What must be returned is the number of lines in the records holding the word "IsShutAt", with no other text.

[[ RECORD SET, beginning ]]

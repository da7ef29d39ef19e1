//! The steps in which a journal's file is written. Each is on the disk before the next one begins.

ghost use Rattle.std.specs.Prelude.{◌≡◌, ◌≢◌, ◌+◌, ◌^◌, ◌<◌, ◌≤◌, ◌++◌, ◌∷◌, [], ℕ, List, length, take, slice_index, true, IsTrue, OnOk, IfOk};
ghost use Rattle.sqlite_disk.specs.Disk.{Holds, Torn, Mixed, Cut, Only, CountsFault};
ghost use Rattle.pf_journal.specs.Lines.{heading, is_new, lines_of, journal_of, texts_of, records_of, state_of};
ghost use Rattle.pf_journal.specs.Crash.{IsShutAt, IsAdding, IsAddingMixed, IsBegun, IsAtRest, IsMended, IsMixing, IsOpenable};
ghost use Rattle.pf_journal.specs.Kept.{IsSettled};
ghost use Rattle.pf_journal.specs.declared.state.State.TheVariants.{Journal};

use crate::shape::HEADING_SIZE;
use sqlite_disk::Disk;
use std::io;

/// Writes bytes at an offset, and syncs them.
fn write<D: Disk>(disk: &mut D, at: usize, bytes: &[u8]) -> io::Result<()>
    requires settled { IsSettled D.seen D.may_leave D.is_usable D.is_clean disk.old }
    requires some { 0 < length bytes.now }
    ensures settled { OnOk result (IsSettled D.seen D.may_leave D.is_usable D.is_clean disk.new) }
    ensures written { OnOk result (Holds (D.seen disk.new) at bytes.now) }
    ensures others { Torn at (length bytes.now) (D.seen disk.old) (D.seen disk.new) }
    ensures calm { D.is_clean disk.new ≡ D.is_clean disk.old }
    ensures faults { CountsFault result (D.faults disk.old) (D.faults disk.new) }
    ensures crash { IsTrue (D.is_clean disk.old) → (c : List ℕ) → D.may_leave disk.new c → Torn at (length bytes.now) (D.seen disk.old) c }
    ensures mixed { IsMixing D.is_mixing → at + length bytes.now < 2 ^ 64 → IsTrue (D.is_clean disk.old) → (c : List ℕ) → D.may_leave disk.new c
        → Mixed at bytes.now (D.seen disk.old) c }
{
    disk.write_at(at, bytes)?;
    disk.sync()
}

/// Makes the file so many bytes long, and syncs it.
fn cut<D: Disk>(disk: &mut D, len: usize) -> io::Result<()>
    requires settled { IsSettled D.seen D.may_leave D.is_usable D.is_clean disk.old }
    ensures settled { OnOk result (IsSettled D.seen D.may_leave D.is_usable D.is_clean disk.new) }
    ensures len { OnOk result (length (D.seen disk.new) ≡ len) }
    ensures others { Cut len (D.seen disk.old) (D.seen disk.new) }
    ensures calm { D.is_clean disk.new ≡ D.is_clean disk.old }
    ensures faults { CountsFault result (D.faults disk.old) (D.faults disk.new) }
    ensures crash { IsTrue (D.is_clean disk.old) → (c : List ℕ) → D.may_leave disk.new c → Cut len (D.seen disk.old) c }
{
    disk.set_len(len)?;
    disk.sync()
}

/// Adds bytes after the shut gate that ends the file, and opens that gate.
pub(crate) fn add<D: Disk>(disk: &mut D, gate: usize, added: &[u8]) -> io::Result<()>
    requires settled { IsSettled D.seen D.may_leave D.is_usable D.is_clean disk.old }
    requires room { gate < 2 ^ 60 }
    requires some { 0 < length added.now }
    requires shut { IsTrue (D.is_clean disk.old) → IsShutAt gate (D.seen disk.old) }
    ensures settled { OnOk result (IsSettled D.seen D.may_leave D.is_usable D.is_clean disk.new) }
    ensures added { OnOk result (IsTrue (D.is_clean disk.old) → D.seen disk.new ≡ take gate (D.seen disk.old) ++ 32 ∷ added.now) }
    ensures calm { D.is_clean disk.new ≡ D.is_clean disk.old }
    ensures faults { CountsFault result (D.faults disk.old) (D.faults disk.new) }
    ensures crash { IsTrue (D.is_clean disk.old) → (c : List ℕ) → D.may_leave disk.new c → IsAdding (take gate (D.seen disk.old)) added.now c }
    ensures mixed { IsMixing D.is_mixing → IsTrue (D.is_clean disk.old) → (c : List ℕ) → D.may_leave disk.new c
        → IsAddingMixed (take gate (D.seen disk.old)) added.now c }
{
    write(disk, gate + 1, added)?;
    write(disk, gate, b" ")
}

/// Writes the gate of a heading into a file of one byte at most.
fn begin_heading<D: Disk>(disk: &mut D, bytes: &[u8]) -> io::Result<()>
    requires settled { IsSettled D.seen D.may_leave D.is_usable D.is_clean disk.old }
    requires bytes { IsTrue (D.is_clean disk.old) → bytes.now ≡ D.seen disk.old }
    requires short { length bytes.now ≤ 1 }
    ensures settled { OnOk result (IsSettled D.seen D.may_leave D.is_usable D.is_clean disk.new) }
    ensures begun { OnOk result (IsTrue (D.is_clean disk.old) → IsBegun (D.seen disk.new)) }
    ensures calm { D.is_clean disk.new ≡ D.is_clean disk.old }
    ensures faults { CountsFault result (D.faults disk.old) (D.faults disk.new) }
    ensures crash { IsTrue (D.is_clean disk.old) → (c : List ℕ) → D.may_leave disk.new c → is_new c ≡ true }
{
    write(disk, 0, b" ")
}

/// Writes the rest of a heading after its gate, and a shut gate.
fn end_heading<D: Disk>(disk: &mut D) -> io::Result<()>
    requires settled { IsSettled D.seen D.may_leave D.is_usable D.is_clean disk.old }
    requires begun { IsTrue (D.is_clean disk.old) → IsBegun (D.seen disk.old) }
    ensures settled { OnOk result (IsSettled D.seen D.may_leave D.is_usable D.is_clean disk.new) }
    ensures ended { OnOk result (IsTrue (D.is_clean disk.old) → D.seen disk.new ≡ journal_of (heading ∷ [])) }
    ensures calm { D.is_clean disk.new ≡ D.is_clean disk.old }
    ensures faults { CountsFault result (D.faults disk.old) (D.faults disk.new) }
    ensures crash { IsTrue (D.is_clean disk.old) → (c : List ℕ) → D.may_leave disk.new c → is_new c ≡ true }
{
    write(disk, 1, b"plan,1\n#")
}

/// Makes a journal without records of a new file.
fn begin<D: Disk>(disk: &mut D, bytes: &[u8]) -> io::Result<()>
    requires settled { IsSettled D.seen D.may_leave D.is_usable D.is_clean disk.old }
    requires bytes { IsTrue (D.is_clean disk.old) → bytes.now ≡ D.seen disk.old }
    requires new { is_new bytes.now ≡ true }
    ensures settled { OnOk result (IsSettled D.seen D.may_leave D.is_usable D.is_clean disk.new) }
    ensures begun { OnOk result (IsTrue (D.is_clean disk.old) → D.seen disk.new ≡ journal_of (heading ∷ [])) }
    ensures calm { D.is_clean disk.new ≡ D.is_clean disk.old }
    ensures faults { CountsFault result (D.faults disk.old) (D.faults disk.new) }
    ensures crash { IsTrue (D.is_clean disk.old) → (c : List ℕ) → D.may_leave disk.new c → is_new c ≡ true }
{
    if bytes.len() > 1 {
        return end_heading(disk);
    }
    begin_heading(disk, bytes)?;
    end_heading(disk)
}

/// Mends the end of a journal that a crash may have left. One that is at rest is not written to.
#[tactic(auto, using(crate::proofs::Sizes::size_within))]
fn mend<D: Disk>(disk: &mut D, bytes: &[u8], size: usize) -> io::Result<()>
    requires settled { IsSettled D.seen D.may_leave D.is_usable D.is_clean disk.old }
    requires bytes { IsTrue (D.is_clean disk.old) → bytes.now ≡ D.seen disk.old }
    requires size { size ≡ length (lines_of (texts_of bytes.now)) }
    requires journal { state_of bytes.now ≡ Journal }
    ensures settled { OnOk result (IsSettled D.seen D.may_leave D.is_usable D.is_clean disk.new) }
    ensures mended { OnOk result (IsTrue (D.is_clean disk.old) → D.seen disk.new ≡ journal_of (texts_of bytes.now)) }
    ensures calm { D.is_clean disk.new ≡ D.is_clean disk.old }
    ensures faults { CountsFault result (D.faults disk.old) (D.faults disk.new) }
    ensures crash { IsTrue (D.is_clean disk.old) → (c : List ℕ) → D.may_leave disk.new c → IsMended bytes.now c }
{
    if bytes.len() > size + 1 {
        return cut(disk, size + 1);
    }
    if size < bytes.len() && bytes[size] == b'#' {
        return Ok(());
    }
    write(disk, size, b"#")
}

/// Makes a journal at rest of a file, and says where its shut gate is.
pub(crate) fn settle<D: Disk>(
    disk: &mut D,
    bytes: &[u8],
    size: usize,
    begins: bool,
) -> io::Result<usize>
    requires settled { IsSettled D.seen D.may_leave D.is_usable D.is_clean disk.old }
    requires bytes { IsTrue (D.is_clean disk.old) → bytes.now ≡ D.seen disk.old }
    requires size { size ≡ length (lines_of (texts_of bytes.now)) }
    requires new { begins ≡ is_new bytes.now }
    requires known { IsOpenable bytes.now }
    ensures settled { OnOk result (IsSettled D.seen D.may_leave D.is_usable D.is_clean disk.new) }
    ensures at_rest { IfOk result (λ gate. IsTrue (D.is_clean disk.old) → IsAtRest (D.seen disk.new) gate) }
    ensures same { OnOk result (IsTrue (D.is_clean disk.old) → records_of (D.seen disk.new) ≡ records_of bytes.now) }
    ensures calm { D.is_clean disk.new ≡ D.is_clean disk.old }
    ensures faults { CountsFault result (D.faults disk.old) (D.faults disk.new) }
    ensures crash { IsTrue (D.is_clean disk.old) → (c : List ℕ) → D.may_leave disk.new c → IsMended bytes.now c }
{
    if begins {
        begin(disk, bytes)?;
        return Ok(HEADING_SIZE);
    }
    mend(disk, bytes, size)?;
    Ok(size)
}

[[ RECORD SET, end ]]

TASK RESULT | 2